I feel good reading that....peace in action is harmony. It is possible, I tell myself, daily. It helps to know some people in my life have relative equanimity with being who they are. So, I try to accept my of myself, although there is a nagging fear that once I've accepted everything I am, good and bad, there will be more negative than good. Of course it would be transformed somewhat with love, but it is still hard to feel that, the best part of my life, I've been convincing myself I'm better, in real terms, than what I am.


----------



## CECIL (Oct 3, 2004)

Just realise that there is no good or bad, better or worse. Everything you've done, everything that has happened to you - its just an experience that you have learned and grown from.
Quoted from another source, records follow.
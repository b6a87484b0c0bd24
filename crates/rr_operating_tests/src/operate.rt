//! A turn of PRR on a small board, with its token in A.
use crate::fixtures::{
    desk, float, fund, give_train, give_trains, has_small_price, kit, name, number_of, operate,
    position, settle, station, succeed,
};
use rr_books::{Act, Corp, Kind, Money, Party, Place, TrainSource, Words};
use rr_desk::{Desk, Position};
use rr_kit::Kit;
use rr_operate::laws::{
    discards_come_first, one_verdict, only_the_corporation_due, steps_are_kept, worked_order,
    worked_run, worked_turn_end,
};
use rr_operate::{judge, judge_order, play};
use std::alloc::Global;
use std::process::Abort;

const BOARD: &str = "hex A 0,0 grey c20/1:5
hex B 1,0 yellow 2-5
hex C 2,0 grey t10:2,5
hex D 3,0 grey c30/2:2,5
hex E 4,0 red o40/40:2
hex F 1,1 white
home PRR A 1
home NYC D 1
";

const TILES: &[u8] = b"yellow 7 x4 0-1
green 23 x3 0-3 0-4
";

const PRR: Corp = Corp::Prr;

const NYC: Corp = Corp::Nyc;

/// A command.
#[derive(Clone, Copy)]
enum Order {
    /// PRR lays tile 23 on B.
    Lay,
    /// PRR places a token in D.
    Station,
    /// PRR's train runs from A to the town in C.
    Run,
    /// The same, with its certificate.
    RunBest,
    PayOut,
    Hold(Corp),
    /// PRR buys a 2-train of the bank.
    Train,
    /// The NYC gives up a 2-train.
    Discard,
    End(Corp),
}

use Order::{Discard, End, Hold, Lay, PayOut, Run, RunBest, Station, Train};

// The calls below have no contracts, so that what a test does costs its proof little.

fn command(rt: &impl Abort, alloc: Global, order: Order) -> Act {
    match order {
        Lay => lay(rt),
        Station => token(rt),
        Run => run(rt, alloc),
        RunBest => best_run(rt, alloc),
        PayOut => Act::PayOut { corp: PRR },
        Hold(corp) => Act::Hold { corp },
        Train => train(),
        Discard => discard(),
        End(corp) => Act::End { corp },
    }
}

fn lay(rt: &impl Abort) -> Act {
    Act::Lay {
        corp: PRR,
        hex: name(rt, b"B"),
        tile: 23,
        turn: 2,
    }
}

fn token(rt: &impl Abort) -> Act {
    Act::Station {
        corp: PRR,
        hex: name(rt, b"D"),
        centre: 1,
    }
}

fn words(rt: &impl Abort, alloc: Global, text: &[u8]) -> Words {
    Words::of(alloc, text).expect(rt, "memory")
}

fn run(rt: &impl Abort, alloc: Global) -> Act {
    let sheet = words(rt, alloc, b"2=1-2-3");
    Act::Run { corp: PRR, sheet }
}

fn best_run(rt: &impl Abort, alloc: Global) -> Act {
    let sheet = words(rt, alloc, b"2=1-2-3");
    let certificate = words(rt, alloc, b"s5 b s1 b s4 x1 x1");
    Act::RunBest {
        corp: PRR,
        sheet,
        certificate,
    }
}

fn train() -> Act {
    Act::BuyTrain {
        corp: PRR,
        kind: Kind::Two,
        source: TrainSource::Bank,
    }
}

fn discard() -> Act {
    Act::Discard {
        corp: NYC,
        kind: Kind::Two,
    }
}

fn turn_kit(rt: &impl Abort, alloc: Global) -> Kit {
    kit(rt, alloc, b"100p\n", TILES, BOARD)
}

/// PRR has 500 dollars and its token in A, and is due; the NYC waits. The first 3 is sold.
fn operating(rt: &impl Abort, alloc: Global) -> Position {
    let mut table = position(rt, alloc, 2);
    fund(rt, &mut table, Party::Corp(PRR), 500);
    station(rt, &mut table, PRR, b"A");
    give_train(rt, &mut table, Kind::Three, 1, Place::Gone);
    float(rt, &mut table, PRR);
    float(rt, &mut table, NYC);
    operate(rt, &mut table);
    table
}

/// What the trains have earned behind the command, or the fault's number.
type Verdict = Result<i64, u8>;

fn verdict(alloc: Global, kit: &Kit, table: &Position, revenue: u8, act: &Act) -> Verdict {
    match judge(alloc, kit, table, Money(i64::from(revenue)), act) {
        Ok(next) => Ok(next.0),
        Err(fault) => Err(fault.number()),
    }
}

/// The verdict on a command, where the trains have earned so much.
fn judged(
    rt: &impl Abort,
    alloc: Global,
    kit: &Kit,
    table: &Position,
    order: Order,
    revenue: u8,
) -> Verdict {
    verdict(alloc, kit, table, revenue, &command(rt, alloc, order))
}

/// The number of the fault of the command's order, or 0.
fn order_fault(rt: &impl Abort, alloc: Global, kit: &Kit, table: &Position, order: Order) -> u8 {
    number_of(judge_order(kit, table, Money(0), &command(rt, alloc, order)))
}

fn add(rt: &impl Abort, kit: &Kit, desk: &mut Desk, revenue: u8, act: &Act) {
    assert!(rt; has_small_price(act));
    succeed(rt, play(kit, desk, Money(i64::from(revenue)), act));
}

/// How many entries a command adds. The table is as it is behind it.
fn added(
    rt: &impl Abort,
    alloc: Global,
    kit: &Kit,
    table: &mut Position,
    order: Order,
    revenue: u8,
) -> usize {
    let mut desk = desk(rt, alloc, table);
    add(rt, kit, &mut desk, revenue, &command(rt, alloc, order));
    settle(desk, table)
}

/// What comes of a command, where the trains have earned so much.
#[derive(Clone, Copy)]
enum Step {
    /// It has this verdict.
    Gets(Order, u8, Verdict),
    /// Its order has the fault of this number.
    Misses(Order, u8),
    /// It adds so many entries, and the next step is behind it.
    Adds(Order, u8, usize),
}

use Step::{Adds, Gets, Misses};

fn is_right(rt: &impl Abort, alloc: Global, kit: &Kit, table: &mut Position, step: Step) -> bool {
    match step {
        Gets(order, revenue, wanted) => judged(rt, alloc, kit, table, order, revenue) == wanted,
        Misses(order, number) => order_fault(rt, alloc, kit, table, order) == number,
        Adds(order, revenue, count) => added(rt, alloc, kit, table, order, revenue) == count,
    }
}

/// Whether the steps go as they say, one behind the other.
fn goes_so(rt: &impl Abort, alloc: Global, table: &mut Position, steps: &[Step]) -> bool {
    let kit = turn_kit(rt, alloc);
    let mut right = true;
    for step in steps {
        right = right && is_right(rt, alloc, &kit, table, *step);
    }
    right
}

static A_TURN: [Step; 11] = [
    Gets(Lay, 0, Ok(0)),
    // Words and tile.
    Adds(Lay, 0, 3),
    Gets(Lay, 0, Err(42)),
    Gets(Station, 0, Ok(0)),
    // Words, payment and token.
    Adds(Station, 0, 3),
    // Words and payment.
    Adds(Hold(PRR), 0, 2),
    Gets(End(PRR), 0, Err(47)),
    Gets(Train, 0, Ok(0)),
    // Words, train and payment.
    Adds(Train, 0, 3),
    Gets(End(PRR), 0, Ok(0)),
    // Words and NYC's token.
    Adds(End(PRR), 0, 2),
];

#[test]
fn a_turn_with_a_tile_a_token_and_a_train(rt: HostRuntime) {
    let alloc = rt.alloc();
    let mut table = operating(&rt, alloc);
    assert!(rt; goes_so(&rt, alloc, &mut table, &A_TURN));
}

static A_RUN: [Step; 7] = [
    Gets(Run, 0, Ok(30)),
    Gets(RunBest, 0, Ok(30)),
    // The certificate and the words.
    Adds(RunBest, 0, 2),
    Gets(PayOut, 0, Err(42)),
    Gets(PayOut, 30, Ok(30)),
    // The words, two seats and the pool.
    Adds(PayOut, 30, 4),
    Gets(End(PRR), 30, Ok(0)),
];

#[test]
fn a_run_is_paid_out(rt: HostRuntime) {
    let alloc = rt.alloc();
    let mut table = operating(&rt, alloc);
    give_train(&rt, &mut table, Kind::Two, 1, Place::Corp(PRR));
    assert!(rt; goes_so(&rt, alloc, &mut table, &A_RUN));
}

static WITHIN_THE_LIMIT: [Step; 3] = [
    Misses(End(NYC), 42),
    Misses(Hold(NYC), 20),
    Gets(Discard, 0, Err(42)),
];

static OVER_THE_LIMIT: [Step; 2] = [Misses(End(NYC), 46), Gets(Discard, 0, Ok(0))];

#[test]
fn commands_come_in_their_order(rt: HostRuntime) {
    let alloc = rt.alloc();
    let mut table = operating(&rt, alloc);
    assert!(rt; goes_so(&rt, alloc, &mut table, &WITHIN_THE_LIMIT));
    give_trains(&rt, &mut table, Kind::Two, 5, Place::Corp(NYC));
    assert!(rt; goes_so(&rt, alloc, &mut table, &OVER_THE_LIMIT));
}

#[test]
fn laws_are_called(_rt: HostRuntime) {
    one_verdict();
    only_the_corporation_due();
    discards_come_first();
    steps_are_kept();
    worked_order();
    worked_turn_end();
    worked_run();
}
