// Words of 64 bits, eight at a time and the rest one by one.
ghost use Rattle.std.specs.Prelude.{◌≡◌, ◌≢◌, ℕ, ◌+◌, ◌*◌, ◌^◌, ◌<◌, ◌≤◌, length, slice_index, IsTrue};
ghost use Rattle.std.specs.Int.Bits.{bit_or};
ghost use Rattle.rr_pages.specs.Marks.{bit_of};

use std::simd::prelude::*;

const LANES: usize = 8;

// A word that has each of its bits set.
const FULL: u64 = u64::MAX;

// The place of the first bit that isn't set, over all words; the count of bits where none is.
pub(crate) fn first_zero(words: &[u64]) -> usize
    requires { length words.now < 2 ^ 32 }
    ensures within { result ≤ 64 * length words.now }
    ensures set { (page : ℕ) → page < result → bit_of words.now page ≡ 1 }
    ensures zero { result < 64 * length words.now → bit_of words.now result ≡ 0 }
{
    let open = first_open(words);
    if open < words.len() {
        64 * open + words[open].trailing_ones() as usize
    } else {
        64 * open
    }
}

// The place of the first word that has a bit not set; their count where none has.
fn first_open(words: &[u64]) -> usize
    ensures within { result ≤ length words.now }
    ensures full { (j : ℕ) → j < result → slice_index words.now j ≡ FULL }
    ensures open { result < length words.now → slice_index words.now result ≢ FULL }
{
    let mut at = full_eights(words);
    while at < words.len() && words[at] == FULL {
        at += 1;
    }
    at
}

// A place before which each word has each of its bits set: passes over eight words at a time.
fn full_eights(words: &[u64]) -> usize
    ensures within { result ≤ length words.now }
    ensures full { (j : ℕ) → j < result → slice_index words.now j ≡ FULL }
{
    let mut at = 0;
    while words.len() - at >= LANES && are_full(words, at) {
        at += LANES;
    }
    at
}

// Whether the eight words from here on have each of their bits set.
fn are_full(words: &[u64], at: usize) -> bool
    requires { at + LANES ≤ length words.now }
    ensures { IsTrue result → (j : ℕ) → at ≤ j → j < at + LANES → slice_index words.now j ≡ FULL }
{
    u64x8::from_slice(&words[at..])
        .simd_eq(u64x8::splat(FULL))
        .all()
}

// Puts the bits of one list of words into another.
pub(crate) fn or_words(into: &mut [u64], from: &[u64])
    requires { length into.old ≡ length from.now }
    ensures { (j : ℕ) → slice_index into.new j ≡ bit_or (slice_index into.old j) (slice_index from.now j) }
{
    let mut at = or_eights(into, from);
    while at < into.len() {
        into[at] |= from[at];
        at += 1;
    }
}

// The same of eight words at a time, up to the place that it gives.
fn or_eights(into: &mut [u64], from: &[u64]) -> usize
    requires { length into.old ≡ length from.now }
    ensures within { result ≤ length into.old }
    ensures below { (j : ℕ) → j < result → slice_index into.new j ≡ bit_or (slice_index into.old j) (slice_index from.now j) }
    ensures above { (j : ℕ) → result ≤ j → slice_index into.new j ≡ slice_index into.old j }
{
    let mut at = 0;
    while into.len() - at >= LANES {
        or_in(into, from, at);
        at += LANES;
    }
    at
}

// The same of the eight words from here on.
fn or_in(into: &mut [u64], from: &[u64], at: usize)
    requires into { at + LANES ≤ length into.old }
    requires from { at + LANES ≤ length from.now }
    ensures below { (j : ℕ) → j < at → slice_index into.new j ≡ slice_index into.old j }
    ensures inside { (j : ℕ) → at ≤ j → j < at + LANES
        → slice_index into.new j ≡ bit_or (slice_index into.old j) (slice_index from.now j) }
    ensures above { (j : ℕ) → at + LANES ≤ j → slice_index into.new j ≡ slice_index into.old j }
{
    let joined = u64x8::from_slice(&into[at..]) | u64x8::from_slice(&from[at..]);
    joined.copy_to_slice(&mut into[at..]);
}
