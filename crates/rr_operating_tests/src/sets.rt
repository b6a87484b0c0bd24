//! What follows by itself on a round, on a board where PRR alone has a home.
use crate::fixtures::{
    A, desk, float, follow, give, give_train, kit, operate, position, settle, succeed,
};
use rr_books::{Act, Cert, Corp, Entry, Kind, Marker, Place, Private};
use rr_desk::{Desk, Position};
use rr_kit::Kit;
use rr_operate::sets::laws::{rounds_pass, worked_sets, worked_tokens};
use rr_operate::sets::{go_on_in_operating_round, go_on_in_stock_round};
use std::alloc::Global;
use std::process::Abort;

const BOARD: &str = "hex A 0,0 grey c20/1:5
home PRR A 1
";

// The calls below have no contracts, so that what a test does costs its proof little.

fn home_kit(rt: &impl Abort, alloc: Global) -> Kit {
    kit(rt, alloc, b"100p\n", b"yellow 7 x4 0-1\n", BOARD)
}

fn end_in_a_stock_round(entries: &[Entry]) -> bool {
    matches!(entries, [.., Entry::Step(Marker::Stock)])
}

fn end_with_a_token(entries: &[Entry]) -> bool {
    matches!(entries, [.., Entry::Station { .. }])
}

/// How many entries there are, and whether the last one begins a stock round or places a token.
type Added = (usize, bool, bool);

/// What a desk has added. The table is as it is behind that.
fn done(desk: Desk, table: &mut Position) -> Added {
    let entries = desk.entries().as_slice();
    let stock = end_in_a_stock_round(entries);
    let token = end_with_a_token(entries);
    (settle(desk, table), stock, token)
}

fn behind_stock_round(rt: &impl Abort, alloc: Global, table: &mut Position) -> Added {
    let mut desk = desk(rt, alloc, table);
    let went = go_on_in_stock_round(&mut desk, &home_kit(rt, alloc));
    succeed(rt, went);
    done(desk, table)
}

fn end_turn(rt: &impl Abort, table: &mut Position) {
    let end = Entry::Step(Marker::Act(Act::End { corp: Corp::Prr }));
    follow(rt, table, end);
}

fn behind_turn(rt: &impl Abort, alloc: Global, table: &mut Position) -> Added {
    end_turn(rt, table);
    let mut desk = desk(rt, alloc, table);
    let went = go_on_in_operating_round(&mut desk, &home_kit(rt, alloc));
    succeed(rt, went);
    done(desk, table)
}

/// Two players, of whom a has the SV; the first 3 is sold, so that a set has two rounds; a stock round is under way.
fn stock_round(rt: &impl Abort, alloc: Global) -> Position {
    let mut table = position(rt, alloc, 2);
    give_train(rt, &mut table, Kind::Three, 1, Place::Gone);
    give(rt, &mut table, Cert::Private(Private::Sv), Place::Seat(A));
    follow(rt, &mut table, Entry::Step(Marker::Stock));
    table
}

#[test]
fn nothing_follows_within_a_stock_round(rt: HostRuntime) {
    let mut table = stock_round(&rt, rt.alloc());
    let added = behind_stock_round(&rt, rt.alloc(), &mut table);
    assert!(rt; added == (0, false, false));
}

#[test]
fn rounds_without_a_corporation_pass(rt: HostRuntime) {
    let mut table = stock_round(&rt, rt.alloc());
    operate(&rt, &mut table);
    let added = behind_stock_round(&rt, rt.alloc(), &mut table);
    // An income, the second round with its income, the next stock round.
    assert!(rt; added == (4, true, false));
}

/// What is added behind the stock round and each of two turns, and how many tokens are on the board behind the first of
/// these.
fn set_of_two(rt: &impl Abort, alloc: Global, table: &mut Position) -> ([Added; 3], usize) {
    let begun = behind_stock_round(rt, alloc, table);
    let tokens = table.layout().stations().len();
    let second = behind_turn(rt, alloc, table);
    let last = behind_turn(rt, alloc, table);
    ([begun, second, last], tokens)
}

#[test]
fn a_set_of_two_rounds(rt: HostRuntime) {
    let mut table = stock_round(&rt, rt.alloc());
    float(&rt, &mut table, Corp::Prr);
    operate(&rt, &mut table);
    let (added, tokens) = set_of_two(&rt, rt.alloc(), &mut table);
    // The income, and PRR's token at home; the second round and its income, as PRR has its token; the stock round.
    assert!(rt; added == [(2, false, true), (2, false, false), (1, true, false)]);
    assert!(rt; tokens == 1);
}

#[test]
fn laws_are_called(_rt: HostRuntime) {
    worked_sets();
    worked_tokens();
    rounds_pass();
}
Sorry, I'm such a hypocrite. I really do believe that yet I don't practice it in my life :roll:


----------



## Guest (Nov 29, 2007)

This is weird. :shock:

Don't laugh. Just got back from a very long 2 day drive. Terrible cold, but had the best Chinese food last night. Steamed tofu and broccoli, etc. Steamed everything. I can't taste anything, and it still tasted amazing.

My fortune cookie said something like "Peace is respect for all others, peace of mind is respect for one's self."

Fortune cookies scare me.


----------



## Guest (Nov 29, 2007)

.


----------



## Cam (Dec 13, 2006)

Crystal said:


> Hello Cameron
> 
> Are you happy with who you are yet, are you being true to yourself?
> 
> "Let peace find you" True, but you need to tell it where to look :wink:


Firstly my name is not Cameron.

Is anyone 100% happy with who they are?

"tell it where to look" ??????????where might that be?

No offence, but it seems a little cryptic for mine.


----------



## Rozanne (Feb 24, 2006)

Peace takes time effort and work.


----------



## sunyata samsara (Feb 18, 2011)

Rozanne said:


> Peace takes time effort and work.


this

Peace to me feels like love. I get there by meditating on love which is the best meditation ive come across.


----------